Sublime Forum

Syntax highlighting in Sublime Text 2

#1

Hi,

ST2 is a great tool - partially thanks to availability of all the packages. But I have a real concern and there’s one thing that stops me from using (and buying) it: syntax highlighting.

I think that there are two models for syntax highlighting that work:

  1. token based (used mostly in simple text editors) - the source file is tokenized and then every token is assigned to a group which has a specific colour assigned,
  2. semantical/contextual (used by large IDEs) - the source is parsed and the tokens are coloured depending on semantic/context of the token.

If I understand correctly, what ST2 is doing is a strange mixture of these two: you can specify a set of regexes that match the input and single matches of that regex are mapped to different tokens.
Sorry to say this, but its… whacky. See the simplest example:


You could say that the package has bugs, but I would say that this approach clearly doesn’t work. I understand that it is inherited from TextMate, but in my opinion this should be changed. Regexes can match a very limited set of languages and what TM/ST2 is doing is abusing the concept.

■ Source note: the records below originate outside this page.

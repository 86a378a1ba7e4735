//! The state of a scan in front of each piece of a text, found by workers that summarise pieces in any order.
ghost use Rattle.std.specs.Prelude.{◌≡◌, ◌<◌, ◌≤◌, ◌++◌, ◌∷◌, [], None, Some, IfOk, IfSome, IsOkUnless, OnOk, length, take, slice_range};
ghost use Rattle.std.specs.List.{last_or, AllByRecursion};
ghost use Rattle.pl_frame.specs.Dialect.{marks, IsDialect};
ghost use Rattle.pl_frame.specs.declared.error.PolarsError.TheVariants as error;
ghost use Rattle.pl_scan.specs.Comment.{prefix_of};
ghost use Rattle.pl_scan.specs.Dialect.{marks_of, comment_of};
ghost use Rattle.pl_scan.specs.LineCuts.{RiseTo, IsPieceEnd};
ghost use Rattle.pl_scan.specs.LineStates.{summary_of};
ghost use Rattle.pl_board.specs.Seats.{IsBlankOf};
ghost use Rattle.pl_board.specs.LineStates.{states_before, front_setup, IsBehindLineEnd, IsSummarised};

use crate::board::Board;
use crate::books::Blanks;
use crate::gate::Gate;
use crate::piece::{Done, Piece, Posted};
use crate::seat::Seat;
use crate::state::BoardState;
use crate::task::Task;
use pl_frame::error::{PolarsError, PolarsResult};
use pl_scan::comment::CommentPrefix;
use pl_scan::dialect::Dialect;
use pl_scan::summary::{LineState, PieceSummary, summary};
use std::alloc::Global;
use std::marker::{Brand, PhantomData};
use std::sync::Wait;
use std::sync::ledger::Ledger;
use std::thread;
use std::thread::Threads;

// What all summaries of one text have in common. It is known where code is proved; no value of it is made.
trait Scanning {
    ghost use Rattle.std.specs.Prelude.{ℕ, List, Option};
    ghost use Rattle.pl_frame.specs.Dialect.{Marks};

    // The text whose pieces are summarised.
    ghost text: { List ℕ };

    // The marks.
    ghost marks: { Marks };

    // The comment prefix, where there are comments.
    ghost comment: { Option (List ℕ) };
}

// A call at `Brand` picks its own.
impl Scanning for Brand {
    ghost use Rattle.std.specs.Prelude.{[], None};

    ghost text = { [] };

    ghost marks = { record { separator = 0; quote = None; line_end = 0 } };

    ghost comment = { None };
}

// The states behind a piece, and the places where it begins and ends.
#[derive(Drop)]
struct PieceStates<K: Scanning> {
    summary: PieceSummary,
    from: usize,
    to: usize,
    scanning: PhantomData<K>,
}

impl<K: Scanning> Done for PieceStates<K> {
    ghost use Rattle.std.specs.Prelude.{true, false};
    ghost use Rattle.pl_board.specs.declared.event.Mark.{Mark};
    ghost use Rattle.pl_board.specs.LineStates.{IsSummarised};

    ghost holds_for = { λ done text. IsSummarised K.text K.marks K.comment text done.from done.to done.summary };

    ghost mark = { λ _. record { rows = 0; closed = true; stops = false } };

    fn rows(&self) -> usize {
        0
    }

    fn closed(&self) -> bool {
        true
    }

    fn stops(&self) -> bool {
        false
    }
}

// The states behind a piece that ends with a line end.
fn summary_by(piece: &[u8], dialect: &Dialect<'_>) -> PieceSummary
    requires dialect { IsDialect (marks_of dialect.now) (comment_of dialect.now) }
    requires ended { last_or None piece.now ≡ Some dialect.now.eol_char }
    ensures { result ≡ summary_of (marks_of dialect.now) (comment_of dialect.now) piece.now }
{
    summary(
        piece,
        dialect.separator,
        dialect.quote_char,
        dialect.eol_char,
        dialect.comment_prefix,
    )
}

// What a worker makes of a piece.
fn summarised<K: Scanning>(piece: &Piece<'_>, dialect: &Dialect<'_>) -> PieceStates<K>
    requires dialect { IsDialect (marks_of dialect.now) (comment_of dialect.now) }
    requires marks { K.marks ≡ marks_of dialect.now }
    requires comment { K.comment ≡ comment_of dialect.now }
    requires text { piece.now.text ≡ slice_range K.text piece.now.from piece.now.to }
    requires ended { last_or None piece.now.text ≡ Some dialect.now.eol_char }
    ensures { IsSummarised K.text K.marks K.comment piece.now.text result.from result.to result.summary }
{
    PieceStates {
        summary: summary_by(piece.bytes(), dialect),
        from: piece.from(),
        to: piece.to(),
        scanning: PhantomData,
    }
}

// Takes pieces of the board, summarises each and posts what it made of it, until there are no more or memory runs out.
fn work<'a, K: Scanning, T: Task, P: Ledger, S: Ledger, R: Ledger, C: Ledger, G: Gate, W: Wait>(
    rt: &W,
    board: &Board<'a, PieceStates<K>, T, P, S, R, C>,
    mut seat: Seat<T, P, S, R, C>,
    dialect: &Dialect<'_>,
    gate: &G,
) -> Seat<T, P, S, R, C>
    requires dialect { IsDialect (marks_of dialect.now) (comment_of dialect.now) }
    requires marks { K.marks ≡ marks_of dialect.now }
    requires comment { K.comment ≡ comment_of dialect.now }
    requires text { T.setup.bytes ≡ take (length T.setup.bytes) K.text }
    requires behind { AllByRecursion (IsBehindLineEnd dialect.now.eol_char T.setup.bytes) T.setup.ends }
{
    for _ in rt.forever() {
        let piece = match board.take(rt, &mut seat) {
            Ok(Some(piece)) => piece,
            Ok(None) => return seat,
            Err(fault) => {
                drop(fault);
                return seat;
            }
        };
        let number = piece.number();
        gate.before(number);
        let done = summarised::<K>(&piece, dialect);
        board.post(rt, &mut seat, Posted::new(piece, done));
        gate.after(number);
    }
    unreachable!()
}

// The summaries of all these pieces that workers had the memory for, on a new board that they share. Refuses only want of memory.
fn summaries<
    'a,
    K: Scanning + Send + Sync,
    T: Task + Send + Sync,
    P: Ledger + Send + Sync,
    S: Ledger + Send + Sync,
    R: Ledger + Send + Sync,
    C: Ledger + Send + Sync,
    W: Threads + Wait + Sync,
    G: Gate + Sync,
>(
    rt: &W,
    alloc: Global,
    bytes: &'a [u8],
    ends: Vec<usize>,
    dialect: &Dialect<'_>,
    workers: usize,
    blanks: Blanks,
    gate: &G,
) -> PolarsResult<BoardState<'a, PieceStates<K>>>
    requires dialect { IsDialect (marks_of dialect.now) (comment_of dialect.now) }
    requires marks { K.marks ≡ marks_of dialect.now }
    requires comment { K.comment ≡ comment_of dialect.now }
    requires text { bytes.now ≡ take (length bytes.now) K.text }
    requires rise { RiseTo (length bytes.now) 0 ends.items }
    requires behind { AllByRecursion (IsBehindLineEnd dialect.now.eol_char bytes.now) ends.items }
    requires task { T.setup ≡ record { bytes = bytes.now; ends = ends.items; limit = None } }
    requires workers { 0 < workers }
    requires handed_out { IsBlankOf blanks.handed_out T.name T.parts workers }
    requires posts { IsBlankOf blanks.posts P.name P.parts workers }
    requires seats { IsBlankOf blanks.seats S.name S.parts workers }
    requires running { IsBlankOf blanks.running R.name R.parts workers }
    requires clean { IsBlankOf blanks.clean C.name C.parts workers }
    ensures { IsOkUnless result error.OutOfMemory }
{
    let state = BoardState::new(bytes, ends, None);
    let (board, seats) = Board::<PieceStates<K>, T, P, S, R, C>::new(
        alloc, state, workers, blanks,
    )?;
    let shared = &board;
    match thread::map_vec(rt, seats, &|seat| { work(rt, shared, seat, dialect, gate) }) {
        Ok(seats) => Ok(board.finish(seats)),
        Err(_) => {
            drop(board);
            Err(PolarsError::OutOfMemory)
        }
    }
}

// What was posted of the piece of this number and range, if it was.
fn posted_summary<K: Scanning>(
    board: &BoardState<'_, PieceStates<K>>,
    number: usize,
    from: usize,
    to: usize,
) -> Option<PieceSummary>
    ensures { IfSome result (λ summary. summary ≡ summary_of K.marks K.comment (slice_range K.text from to)) }
{
    let done = board.result(number)?.done();
    if done.from == from && done.to == to {
        Some(done.summary)
    } else {
        None
    }
}

// The states behind the piece of this number and range: as they were posted, or else as they are found here, between two calls of the
// gate.
fn summary_of_piece<K: Scanning, G: Gate>(
    board: &BoardState<'_, PieceStates<K>>,
    bytes: &[u8],
    number: usize,
    from: usize,
    to: usize,
    dialect: &Dialect<'_>,
    gate: &G,
) -> PieceSummary
    requires dialect { IsDialect (marks_of dialect.now) (comment_of dialect.now) }
    requires marks { K.marks ≡ marks_of dialect.now }
    requires comment { K.comment ≡ comment_of dialect.now }
    requires text { K.text ≡ bytes.now }
    requires begins { from ≤ to }
    requires within { to ≤ length bytes.now }
    requires ended { last_or None (slice_range bytes.now from to) ≡ Some dialect.now.eol_char }
    ensures { result ≡ summary_of (marks_of dialect.now) (comment_of dialect.now) (slice_range bytes.now from to) }
{
    if let Some(posted) = posted_summary(board, number, from, to) {
        return posted;
    }
    gate.before(number);
    let found = summary_by(&bytes[from..to], dialect);
    gate.after(number);
    found
}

Changing the language definition file(s) is not a solution for me.

Can we go to a simple token based solution where I can define the tokens and group them?
Please comment.

0 Likes

#2

Not quite true.

I think you’re really missing a point here. You can always tokenize everything you want through the regexps which is present in ST. In fact most parts of the current syntaxes have common groups for built-in functions for example.

P.S.
About the screenshot you have there - I think it’s a problem not in the syntax definition but in the syntax highlighting, based on definition. Though js syntax defs should be tweaked, true, I’m working on mine right now :smile:

0 Likes

#3

[quote=“ubuffon”]

Not quite true.[/quote]

How’s that? You cannot use regexps to match that param in the function body is the same thing as param in the function signature (in the example above). You need a parser for that. So why try doing what’s not doable? In my opinion these regexes should be used to match simple tokens, not full constructs.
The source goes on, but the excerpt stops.